ghost use Rattle.std.specs.Prelude.{◌≡◌, ◌↔◌, IsTrue, IfOk, length};
ghost use Rattle.std.specs.List.{AllZip};
ghost use Rattle.cc_lattice.specs.Orders.{IsLeastUpperBound};
ghost use Rattle.cc_lattice.specs.Tables.{HaveOneShape, AreJoins};
ghost use Rattle.cc_lattice.specs.TableLaws.{alike_with_itself, alike_both_ways, below_with_itself, below_in_turn, tables_same};

use crate::Lattice;
use cc_num::{List, NoMemory};
use std::alloc::Global;

/// A value of a lattice for each key. One table is below another where they have the same keys and
/// each part is below the part of the same key.
#[derive(Debug, Drop)]
pub struct Table<K, L> {
    /// The keys, in order.
    pub keys: List<K>,
    /// The part of each key, in the order of the keys.
    pub parts: List<L>,
}

impl<K: Copy, L: Lattice> Lattice for Table<K, L> {
    ghost AreAlike = { λ x y. HaveOneShape L.AreAlike x y };

    ghost IsBelow = { λ x y. (x.keys ≡ y.keys) × AllZip L.IsBelow x.parts y.parts };

    fn below(&self, other: &Table<K, L>) -> bool {
        all_below(self.parts.all(), other.parts.all())
    }

    fn join(&self, alloc: Global, other: &Table<K, L>) -> Result<Table<K, L>, NoMemory> {
        let keys = copied(alloc, self.keys.all())?;
        let parts = joins(alloc, self.parts.all(), other.parts.all())?;
        Ok(Table {
            keys: List::of(keys),
            parts: List::of(parts),
        })
    }

    ghost alike_itself = { alike_with_itself L.alike_itself };

    ghost alike_back = { alike_both_ways L.alike_back };

    ghost below_itself = { below_with_itself L.AreAlike L.IsBelow L.below_itself };

    ghost below_through = { below_in_turn L.AreAlike L.IsBelow L.below_through };

    ghost below_both_ways = { tables_same L.AreAlike L.IsBelow L.below_both_ways };
}

/// A copy of the keys.
fn copied<K: Copy>(alloc: Global, keys: &[K]) -> Result<Vec<K>, NoMemory>
    ensures { IfOk result (λ copies. copies.items ≡ keys.now) }
{
    Ok(keys.iter().copied().collect(alloc)?)
}

/// Whether each part is below the other one at its place.
fn all_below<L: Lattice>(parts: &[L], others: &[L]) -> bool
    requires { AllZip L.AreAlike parts.now others.now }
    ensures { IsTrue result ↔ AllZip L.IsBelow parts.now others.now }
{
    for (at, part) in parts.iter().enumerate() {
        if !part.below(&others[at]) {
            return false;
        }
    }
    true
}

/// The join of each part with the other one at its place.
fn joins<L: Lattice>(alloc: Global, parts: &[L], others: &[L]) -> Result<Vec<L>, NoMemory>
    requires { AllZip L.AreAlike parts.now others.now }
    ensures { IfOk result (λ both. AreJoins (IsLeastUpperBound L.AreAlike L.IsBelow) parts.now others.now both.items) }
{
    let mut both = Vec::new(alloc);
    for (at, part) in parts.iter().enumerate() {
        both.push(part.join(alloc, &others[at])?)?;
    }
    Ok(both)
}
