ghost use Rattle.std.specs.Prelude.{ℕ, List};
ghost use Rattle.cc_program.specs.declared.program.Program.{Program};
ghost use Rattle.cc_rewrite_renamed.specs.Objects.{with_objects_ordered};
ghost use Rattle.cc_rewrite_renamed.specs.Orders.{IsOrderOf};
ghost use Rattle.cc_states.specs.CcSteps.Runs.{Follows, Answers};

/// That a program does what it did when its static objects stand in another order, without those that neither its functions nor the first
/// values of the others name. The call does nothing.
pub fn ordered_program_laws()
    // Each run of it has the trace and the end of a run of its source.
    ensures follows { (order : List ℕ) (p : Program) → IsOrderOf order p → Follows (with_objects_ordered order p) p }

    // Each run of its source with entries at boundaries is matched by a run of it.
    ensures answers { (order : List ℕ) (p : Program) → IsOrderOf order p → Answers (with_objects_ordered order p) p }
{}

### TASK ITEM
Line by line, print the listing above exactly.

### RESPONSE TO THE TASK
ghost use Rattle.std.specs.Prelude.{◌≡◌, ◌↔◌, IsTrue, IfOk, length};
ghost use Rattle.std.specs.List.{AllZip};
ghost use Rattle.cc_lattice.specs.Orders.{IsLeastUpperBound};
ghost use Rattle.cc_lattice.specs.Tables.{HaveOneShape, AreJoins};
ghost use Rattle.cc_lattice.specs.TableLaws.{alike_with_itself, alike_both_ways, below_with_itself, below_in_turn, tables_same};

use crate::Lattice;
use cc_num::{List, NoMemory};
use std::alloc::Global;

/// A value of a lattice for each key. One table is below another where they have the same keys and
/// each part is below the part of the same key.
#[derive(Debug, Drop)]
pub struct Table<K, L> {
    /// The keys, in order.
    pub keys: List<K>,
    /// The part of each key, in the order of the keys.
    pub parts: List<L>,
}

impl<K: Copy, L: Lattice> Lattice for Table<K, L> {
    ghost AreAlike = { λ x y. HaveOneShape L.AreAlike x y };

    ghost IsBelow = { λ x y. (x.keys ≡ y.keys) × AllZip L.IsBelow x.parts y.parts };

    fn below(&self, other: &Table<K, L>) -> bool {
        all_below(self.parts.all(), other.parts.all())
    }

    fn join(&self, alloc: Global, other: &Table<K, L>) -> Result<Table<K, L>, NoMemory> {
        let keys = copied(alloc, self.keys.all())?;
        let parts = joins(alloc, self.parts.all(), other.parts.all())?;
        Ok(Table {
            keys: List::of(keys),
            parts: List::of(parts),
        })
    }

    ghost alike_itself = { alike_with_itself L.alike_itself };

    ghost alike_back = { alike_both_ways L.alike_back };

    ghost below_itself = { below_with_itself L.AreAlike L.IsBelow L.below_itself };

    ghost below_through = { below_in_turn L.AreAlike L.IsBelow L.below_through };

    ghost below_both_ways = { tables_same L.AreAlike L.IsBelow L.below_both_ways };
}

/// A copy of the keys.
fn copied<K: Copy>(alloc: Global, keys: &[K]) -> Result<Vec<K>, NoMemory>
    ensures { IfOk result (λ copies. copies.items ≡ keys.now) }
{
    Ok(keys.iter().copied().collect(alloc)?)
}

/// Whether each part is below the other one at its place.
fn all_below<L: Lattice>(parts: &[L], others: &[L]) -> bool
    requires { AllZip L.AreAlike parts.now others.now }
    ensures { IsTrue result ↔ AllZip L.IsBelow parts.now others.now }
{
    for (at, part) in parts.iter().enumerate() {
        if !part.below(&others[at]) {
            return false;
        }
    }
    true
}

/// The join of each part with the other one at its place.
fn joins<L: Lattice>(alloc: Global, parts: &[L], others: &[L]) -> Result<Vec<L>, NoMemory>
    requires { AllZip L.AreAlike parts.now others.now }
    ensures { IfOk result (λ both. AreJoins (IsLeastUpperBound L.AreAlike L.IsBelow) parts.now others.now both.items) }
{
    let mut both = Vec::new(alloc);
    for (at, part) in parts.iter().enumerate() {
        both.push(part.join(alloc, &others[at])?)?;
    }
    Ok(both)
}
ghost use Rattle.std.specs.Prelude.{ℕ, List};
ghost use Rattle.cc_program.specs.declared.program.Program.{Program};
ghost use Rattle.cc_rewrite_renamed.specs.Objects.{with_objects_ordered};
ghost use Rattle.cc_rewrite_renamed.specs.Orders.{IsOrderOf};
ghost use Rattle.cc_states.specs.CcSteps.Runs.{Follows, Answers};

/// That a program does what it did when its static objects stand in another order, without those that neither its functions nor the first
/// values of the others name. The call does nothing.
pub fn ordered_program_laws()
    // Each run of it has the trace and the end of a run of its source.
    ensures follows { (order : List ℕ) (p : Program) → IsOrderOf order p → Follows (with_objects_ordered order p) p }

    // Each run of its source with entries at boundaries is matched by a run of it.
    ensures answers { (order : List ℕ) (p : Program) → IsOrderOf order p → Answers (with_objects_ordered order p) p }
{}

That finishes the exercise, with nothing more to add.